For a breakfast dessert I had strawberries. On Saturday I had happened to glance at some strawberries at a vendor I don’t normally use whose name I can’t remember and thought, “Migod! Those look like they might be Chandlers.” So I asked. They were. And even though I’d already bought a basket of the currently popular mutants from Sr. Yerena, I also bought a basket of the Chandlers. After I had eaten the potatoes, I sampled one. Then I ate the entire box without stopping. I had forgot how good they are. If you don’t know Chandlers, they look more “pointy” because the ratio of length to diameter is greater than the ones more commonly grown now. More importantly, they’re a lot smaller. Watch for them.

For lunch/dinner I had a chowder made with fresh scallops that was mostly scallops, potatoes (the rest of the tired ones), and cream sauce.
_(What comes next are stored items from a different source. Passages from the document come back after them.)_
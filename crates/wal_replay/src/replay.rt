//! A replay, as it stands between two calls.

use super::ReplayFault;
use std::marker::Model;
use wal_init::Opening;

mod calls;
mod files;

/// What goes with a table that is handed out.
#[derive(Clone, Copy)]
pub struct ReplayedMemtable {
    /// The last tick, of the record or of a row put so far.
    pub last_tick: i64,
    /// The last number, of the record or of a row put so far.
    pub last_seq: u64,
    /// The last file that was read without fault.
    pub last_wal_id: u64,
}

/// The files of an opening, read back into one table after the other.
#[derive(Drop)]
pub struct WalReplayIterator {
    opening: Opening,
    /// What goes with a table that is handed out now.
    last: ReplayedMemtable,
    greatest: Option<u64>,
    floor: u64,
    terminal_result: Option<Result<(), ReplayFault>>,
    // kept: an end that stands is not yet said where a table is handed out first, so the two change at different times
    ended: bool,
}

impl Model for WalReplayIterator {
    ghost use Rattle.std.specs.Option.{option_map};
    ghost use Rattle.wal_replay.specs.Said.{said};
    ghost use Rattle.wal_replay.specs.Replays.{Meaning};

    ghost Value = { Meaning };

    ghost view = { λ s. record { opening = s.opening; latest_tick = s.last.last_tick; latest_seq = s.last.last_seq; last_wal = s.last.last_wal_id; greatest = s.greatest; floor = s.floor; standing = option_map said s.terminal_result; ended = s.ended } };
}
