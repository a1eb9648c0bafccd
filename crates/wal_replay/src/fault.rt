//! The causes for which a replay refuses.

ghost use Rattle.std.specs.Prelude.{◌≡◌};
ghost use Rattle.causes.specs.Causes.{says};
ghost use Rattle.wal_replay.specs.Said.{fault};
ghost use Rattle.wal_replay.specs.declared.fault.ReplayFault.TheVariants.{Wal};

use causes::{Cause, Refusal, Values};
use wal::WalFault;

/// Why a replay refused a call, with the values that the cause returns.
#[derive(Clone, Copy, PartialEq, Eq, Debug)]
pub enum ReplayFault {
    /// 1 to 20, 23 and 24: the journal refused, and this is its whole fault.
    Wal(WalFault),
    /// 21: the table given holds so many rows.
    TableInUse(usize),
    /// 22: the rows of this file need more than the table has left.
    TableFull(u64),
}

impl From<WalFault> for ReplayFault {
    ghost from_gives = { λ e r. r ≡ Wal e };

    fn from(fault: WalFault) -> ReplayFault {
        ReplayFault::Wal(fault)
    }
}

impl From<ReplayFault> for Refusal {
    ghost from_gives = { λ e r. says r ≡ fault e };

    fn from(fault: ReplayFault) -> Refusal {
        let (cause, value) = match fault {
            ReplayFault::Wal(refused) => return Refusal::from(refused),
            ReplayFault::TableInUse(rows) => (Cause::TableInUse, rows as u64),
            ReplayFault::TableFull(id) => (Cause::TableFull, id),
        };
        Refusal {
            cause,
            values: Values::One(value),
        }
    }
}
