// The line that answers a request.
#![tactic(auto)]

ghost use Rattle.std.specs.Prelude.{[], ◌∷◌, ◌+◌, ◌≤◌, ◌<◌, length};
ghost use Rattle.text_numbers.specs.Hex.{hex_text};
ghost use Rattle.text_stream.specs.Stream.{Written};
ghost use Rattle.text_print.specs.Print.{closed};
ghost use Rattle.request_plan.specs.Request.{cause_in};
ghost use Rattle.line_answer.specs.Answer.{where_text, status_fields, refusal_fields, answer_fields, cause_text, answer_text, refused_text};

use request_plan::{Reply, Response};
use text_numbers::hex;
use text_print::{put_hex, put_mark, put_number};

// Puts where an error is and a tab, and answers the place after them: `-` for a status flag 1 of 00; `*` for FF, which stands for every place from
// 255 on and for no place; else the place in decimal.
fn put_where(flag: u8, out: &mut [u8], at: usize) -> usize
    requires { at + 21 ≤ length out.old }
    ensures written { Written out.old at (closed 9 (where_text flag)) result out.new }
    ensures upper_bound { result ≤ at + 21 }
{
    if flag == 0 {
        return put_mark(b'-', b'\t', out, at);
    }
    if flag == 0xff {
        return put_mark(b'*', b'\t', out, at);
    }
    put_number(flag as u64, b'\t', out, at)
}

// Puts a status flag in hex and a tab, and answers the place after them.
fn put_flag(flag: u8, out: &mut [u8], at: usize) -> usize
    requires { at + 4 ≤ length out.old }
    ensures written { Written out.old at (closed 9 (hex_text (flag ∷ []))) result out.new }
    ensures upper_bound { result ≤ at + 4 }
{
    let one = [flag];
    put_hex(&one, b'\t', out, at)
}

// Puts the fields of a refused request, and answers the place after them.
fn put_refusal(ordinal: u64, number: u8, out: &mut [u8], at: usize) -> usize
    requires { at + 47 ≤ length out.old }
    ensures written { Written out.old at (refusal_fields ordinal number) result out.new }
    ensures upper_bound { result ≤ at + 47 }
{
    let a = put_number(ordinal, b'\t', out, at);
    let b = put_mark(b'!', b'\t', out, a);
    let c = put_number(number as u64, b'\t', out, b);
    let d = put_mark(b'-', b'\t', out, c);
    out[d] = b'-';
    d + 1
}

// Puts the fields of a request that got a status pair, and answers the place after them.
fn put_status(ordinal: u64, flag1: u8, flag2: u8, read: &[u8], out: &mut [u8], at: usize) -> usize
    requires { at + length read.now + length read.now + 51 ≤ length out.old }
    ensures written { Written out.old at (status_fields ordinal flag1 flag2 read.now) result out.new }
    ensures upper_bound { result ≤ at + length read.now + length read.now + 51 }
{
    let a = put_number(ordinal, b'\t', out, at);
    let b = put_flag(flag1, out, a);
    let c = put_flag(flag2, out, b);
    let d = put_where(flag1, out, c);
    hex::put_hex_field(read, out, d)
}

// Puts the five fields that answer a request into `out` from `at` on, and answers the place after them; the caller ends the line.
pub fn put_fields(ordinal: u64, reply: Reply, read: &[u8], out: &mut [u8], at: usize) -> usize
    requires { at + length read.now + length read.now + 61 ≤ length out.old }
    ensures written { Written out.old at (answer_fields ordinal reply read.now) result out.new }
    ensures upper_bound { result ≤ at + length read.now + length read.now + 61 }
{
    match reply.response() {
        Response::Refusal(number) => put_refusal(ordinal, number, out, at),
        Response::Pair { flag1, flag2 } => put_status(ordinal, flag1, flag2, read, out, at),
    }
}

// Puts a cause and the LF that ends its line, and answers the place after them: `-` for 0, else its digit.
fn put_cause(cause: u8, out: &mut [u8], at: usize) -> usize
    requires { (cause < 10) × (at + 2 ≤ length out.old) }
    ensures written { Written out.old at (closed 10 (cause_text cause)) result out.new }
    ensures upper_bound { result ≤ at + 2 }
{
    if cause == 0 {
        return put_mark(b'-', b'\n', out, at);
    }
    put_mark(b'0' + cause, b'\n', out, at)
}

// Puts the cause of a reply and the LF that ends its line, and answers the place after them.
fn put_caused(reply: Reply, out: &mut [u8], at: usize) -> usize
    requires { at + 2 ≤ length out.old }
    ensures written { Written out.old at (closed 10 (cause_text (cause_in reply))) result out.new }
    ensures upper_bound { result ≤ at + 2 }
{
    put_cause(reply.cause(), out, at)
}

// Puts what ends a refused line, no cause and LF, and answers the place after it.
fn put_end(out: &mut [u8], at: usize) -> usize
    requires { at + 2 ≤ length out.old }
    ensures written { Written out.old at (closed 10 (45 ∷ [])) result out.new }
    ensures upper_bound { result ≤ at + 2 }
{
    put_mark(b'-', b'\n', out, at)
}

// Puts the line that answers a request into `out` from `at` on, and answers the place after it.
pub fn put_answer(ordinal: u64, reply: Reply, read: &[u8], out: &mut [u8], at: usize) -> usize
    requires { at + length read.now + length read.now + 64 ≤ length out.old }
    ensures written { Written out.old at (answer_text ordinal reply read.now) result out.new }
    ensures upper_bound { result ≤ at + length read.now + length read.now + 64 }
{
    let five = put_fields(ordinal, reply, read, out, at);
    out[five] = b'\t';
    put_caused(reply, out, five + 1)
}

// Puts the line of a request that is refused with this number into `out` from `at` on, and answers the place after it.
pub fn put_refused(ordinal: u64, number: u8, out: &mut [u8], at: usize) -> usize
    requires { at + 50 ≤ length out.old }
    ensures written { Written out.old at (refused_text ordinal number) result out.new }
    ensures upper_bound { result ≤ at + 50 }
{
    let tab = put_refusal(ordinal, number, out, at);
    out[tab] = b'\t';
    put_end(out, tab + 1)
}
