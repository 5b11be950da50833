// The lines of a text salvaged one after the other: a walk that counts, and the same walk that writes.
#![tactic(auto)]

ghost use Rattle.std.specs.Prelude.{◌+◌, ◌≤◌, ◌≡◌, length};
ghost use Rattle.salvage_rule.specs.Salvage.{fresh};
ghost use Rattle.salvage_line.specs.Image.{imaged};
ghost use Rattle.salvage_walk.specs.Walk.{image_at, report_at, extent_by, WroteIf};

use byte_scan as scan;
use card_build::card::Card;
use salvage_rule::Rules;

// The lengths of an image and of its report, or that there is no room for one of them.
#[derive(Clone, Copy)]
pub struct Extent {
    pub image: usize,
    pub report: usize,
}

// Walks over the lines of a text from a place on, where so many lines are passed and so many bytes of image and report are made. Counts
// what the lines give, and writes it if asked to; stops where there is no room.
pub fn walk(
    card: Card,
    arena: &mut [u8],
    text: &[u8],
    from: usize,
    lines: usize,
    out: &mut [u8],
    image: usize,
    report: &mut [u8],
    said: usize,
    write: bool,
) -> Option<Extent>
    requires { (from ≤ length text.now) × (lines ≤ from) × (image ≤ length out.old) × (said ≤ length report.old) }
    ensures value { result ≡ extent_by (length out.old) (length report.old) (image + length (image_at text.now (fresh (imaged card arena.old)) from)) (said + length (report_at text.now lines (fresh (imaged card arena.old)) from)) }
    ensures wrote_if { WroteIf write result out.old image (image_at text.now (fresh (imaged card arena.old)) from) out.new }
    ensures wrote_if_2 { WroteIf write result report.old said (report_at text.now lines (fresh (imaged card arena.old)) from) report.new }
{
    let mut at = from;
    let mut passed = lines;
    let mut made = image;
    let mut told = said;
    let mut built = card;
    let mut rules = Rules {
        stretch: None,
        orphaned: false,
    };
    // no `for`: a turn takes a whole line, however long it is
    while at < text.len() {
        let end = scan::find(text, at, text.len(), 10);
        let next = text_pieces::behind(end, text.len());
        let verdict = salvage_line::salvage_line(built, rules, arena, &text[at..end]);
        let fate = verdict.fate;
        let kept = salvage_print::keep(write, fate, &text[at..next], out, made)?;
        let noted = salvage_print::tell(write, (passed + 1) as u64, fate, report, told)?;
        made = kept;
        told = noted;
        built = verdict.card;
        rules = verdict.rules;
        at = next;
        passed += 1;
    }
    Some(Extent {
        image: made,
        report: told,
    })
}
Oh, that’s such a fine dish.

Tomorrow, continuing to eat in order of imminent spoilage, I will have for brunch a medley of pheasant sausage, avocado, and hothouse Early Girls that are so close to real summer tomatoes that you can hardly tell the difference…especially if you haven’t had a real summer tomato since last fall.
For supper, there will be a dish I concocted last week in the full throes of dental pain: “Petits Pois ®Frito.” Take a bag of what we used to call “English peas” that the Mouas have shelled out for you, cook with onion to the overdone and mushy stage, pour a piping hot cup or two into a bowl containing a handful of Original Fritos. Let set for a moment, and gum it all down. You need none of your dental prostheses for this dish, and yet it’s a rich combination of deliciousness and balanced proteins.